*Exercise brief*: Lines from the first one down to the one containing "maps it. For" in the data below are the only ones needed; please return them exactly, both ends included.

-- Task inputs follows --

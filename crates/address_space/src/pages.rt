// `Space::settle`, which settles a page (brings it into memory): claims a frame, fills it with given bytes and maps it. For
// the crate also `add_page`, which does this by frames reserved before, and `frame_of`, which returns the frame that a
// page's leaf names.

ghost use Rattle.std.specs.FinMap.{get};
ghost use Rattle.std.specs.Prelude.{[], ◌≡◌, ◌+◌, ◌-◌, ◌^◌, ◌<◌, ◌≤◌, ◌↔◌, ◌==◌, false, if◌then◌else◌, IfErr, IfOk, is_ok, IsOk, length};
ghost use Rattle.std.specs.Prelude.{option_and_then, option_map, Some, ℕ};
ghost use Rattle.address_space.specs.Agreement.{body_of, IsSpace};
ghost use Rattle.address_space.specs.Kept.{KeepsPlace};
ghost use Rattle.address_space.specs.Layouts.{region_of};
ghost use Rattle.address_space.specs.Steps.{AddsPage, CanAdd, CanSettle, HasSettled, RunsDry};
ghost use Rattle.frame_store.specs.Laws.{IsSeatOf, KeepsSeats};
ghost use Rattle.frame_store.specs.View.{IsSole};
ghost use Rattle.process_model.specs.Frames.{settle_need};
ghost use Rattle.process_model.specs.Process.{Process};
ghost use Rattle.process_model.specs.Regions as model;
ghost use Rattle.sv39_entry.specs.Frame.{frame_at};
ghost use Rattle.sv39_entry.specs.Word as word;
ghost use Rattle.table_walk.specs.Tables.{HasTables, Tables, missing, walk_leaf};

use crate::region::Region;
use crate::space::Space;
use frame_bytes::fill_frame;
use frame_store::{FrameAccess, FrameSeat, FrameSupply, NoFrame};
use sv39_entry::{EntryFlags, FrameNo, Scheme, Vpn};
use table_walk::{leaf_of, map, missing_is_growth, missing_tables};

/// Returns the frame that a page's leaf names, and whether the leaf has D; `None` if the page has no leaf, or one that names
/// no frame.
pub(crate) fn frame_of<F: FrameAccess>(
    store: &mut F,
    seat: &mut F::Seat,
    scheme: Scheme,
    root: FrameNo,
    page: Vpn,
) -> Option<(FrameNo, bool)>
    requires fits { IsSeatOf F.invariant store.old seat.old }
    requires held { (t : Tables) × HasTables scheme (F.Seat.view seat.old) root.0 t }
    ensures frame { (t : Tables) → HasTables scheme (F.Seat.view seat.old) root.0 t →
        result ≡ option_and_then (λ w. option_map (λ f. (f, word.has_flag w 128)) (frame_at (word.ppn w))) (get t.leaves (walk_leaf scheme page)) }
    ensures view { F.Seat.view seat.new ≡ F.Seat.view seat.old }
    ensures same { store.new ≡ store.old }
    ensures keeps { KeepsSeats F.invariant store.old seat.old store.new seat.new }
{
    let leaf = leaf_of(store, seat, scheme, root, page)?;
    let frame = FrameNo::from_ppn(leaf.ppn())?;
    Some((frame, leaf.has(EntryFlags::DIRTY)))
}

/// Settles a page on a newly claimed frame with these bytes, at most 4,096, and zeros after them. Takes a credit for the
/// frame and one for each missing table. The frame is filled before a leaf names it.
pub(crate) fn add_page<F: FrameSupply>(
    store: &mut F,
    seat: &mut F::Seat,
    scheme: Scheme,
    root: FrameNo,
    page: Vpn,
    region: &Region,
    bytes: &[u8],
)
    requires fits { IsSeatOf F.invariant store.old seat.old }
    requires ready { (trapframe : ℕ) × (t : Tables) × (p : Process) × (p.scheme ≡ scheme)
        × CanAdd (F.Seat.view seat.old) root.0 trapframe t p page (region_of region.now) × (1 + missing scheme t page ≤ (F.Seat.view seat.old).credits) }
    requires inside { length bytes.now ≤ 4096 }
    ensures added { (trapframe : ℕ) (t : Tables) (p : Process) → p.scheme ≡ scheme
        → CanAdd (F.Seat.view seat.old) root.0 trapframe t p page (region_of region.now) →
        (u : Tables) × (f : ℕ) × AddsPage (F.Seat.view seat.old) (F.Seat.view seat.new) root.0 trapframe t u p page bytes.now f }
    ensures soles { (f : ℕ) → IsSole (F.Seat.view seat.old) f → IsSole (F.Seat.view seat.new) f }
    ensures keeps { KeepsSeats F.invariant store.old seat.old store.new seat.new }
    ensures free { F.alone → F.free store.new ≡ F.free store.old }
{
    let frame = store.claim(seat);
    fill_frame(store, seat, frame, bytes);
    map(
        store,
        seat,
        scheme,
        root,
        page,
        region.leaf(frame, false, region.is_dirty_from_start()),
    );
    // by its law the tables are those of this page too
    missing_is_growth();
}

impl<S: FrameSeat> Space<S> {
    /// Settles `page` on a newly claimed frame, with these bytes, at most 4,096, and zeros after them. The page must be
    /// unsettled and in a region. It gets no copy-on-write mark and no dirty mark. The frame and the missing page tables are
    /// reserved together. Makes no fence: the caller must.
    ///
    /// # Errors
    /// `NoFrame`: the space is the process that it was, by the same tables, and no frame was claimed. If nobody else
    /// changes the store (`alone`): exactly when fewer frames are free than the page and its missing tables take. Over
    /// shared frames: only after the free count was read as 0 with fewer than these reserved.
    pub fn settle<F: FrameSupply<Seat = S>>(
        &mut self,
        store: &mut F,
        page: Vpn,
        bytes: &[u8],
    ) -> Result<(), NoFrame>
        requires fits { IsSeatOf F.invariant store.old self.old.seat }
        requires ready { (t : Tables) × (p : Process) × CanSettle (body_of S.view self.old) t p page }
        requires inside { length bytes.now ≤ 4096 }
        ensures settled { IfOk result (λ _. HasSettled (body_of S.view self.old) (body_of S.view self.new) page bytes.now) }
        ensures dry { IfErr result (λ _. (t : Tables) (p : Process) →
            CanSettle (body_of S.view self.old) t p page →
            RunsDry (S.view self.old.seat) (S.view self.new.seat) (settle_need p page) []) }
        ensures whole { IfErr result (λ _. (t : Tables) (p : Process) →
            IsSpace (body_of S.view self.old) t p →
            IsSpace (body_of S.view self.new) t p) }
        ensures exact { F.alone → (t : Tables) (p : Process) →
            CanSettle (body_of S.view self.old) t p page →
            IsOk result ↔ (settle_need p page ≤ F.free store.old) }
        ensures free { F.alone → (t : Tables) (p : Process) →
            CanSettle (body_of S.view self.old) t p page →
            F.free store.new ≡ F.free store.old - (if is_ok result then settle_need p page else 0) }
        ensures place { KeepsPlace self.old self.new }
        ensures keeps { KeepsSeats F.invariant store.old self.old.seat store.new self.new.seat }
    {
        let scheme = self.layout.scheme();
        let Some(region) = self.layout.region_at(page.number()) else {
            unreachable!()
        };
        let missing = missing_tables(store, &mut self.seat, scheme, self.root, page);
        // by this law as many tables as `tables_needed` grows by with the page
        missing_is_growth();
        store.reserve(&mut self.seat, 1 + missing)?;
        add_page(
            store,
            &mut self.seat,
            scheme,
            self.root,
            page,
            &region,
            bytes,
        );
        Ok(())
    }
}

-- Task inputs concluded --

*Result for this task*:
filename crates/address_space/src/pages.rt
// `Space::settle`, which settles a page (brings it into memory): claims a frame, fills it with given bytes and maps it. For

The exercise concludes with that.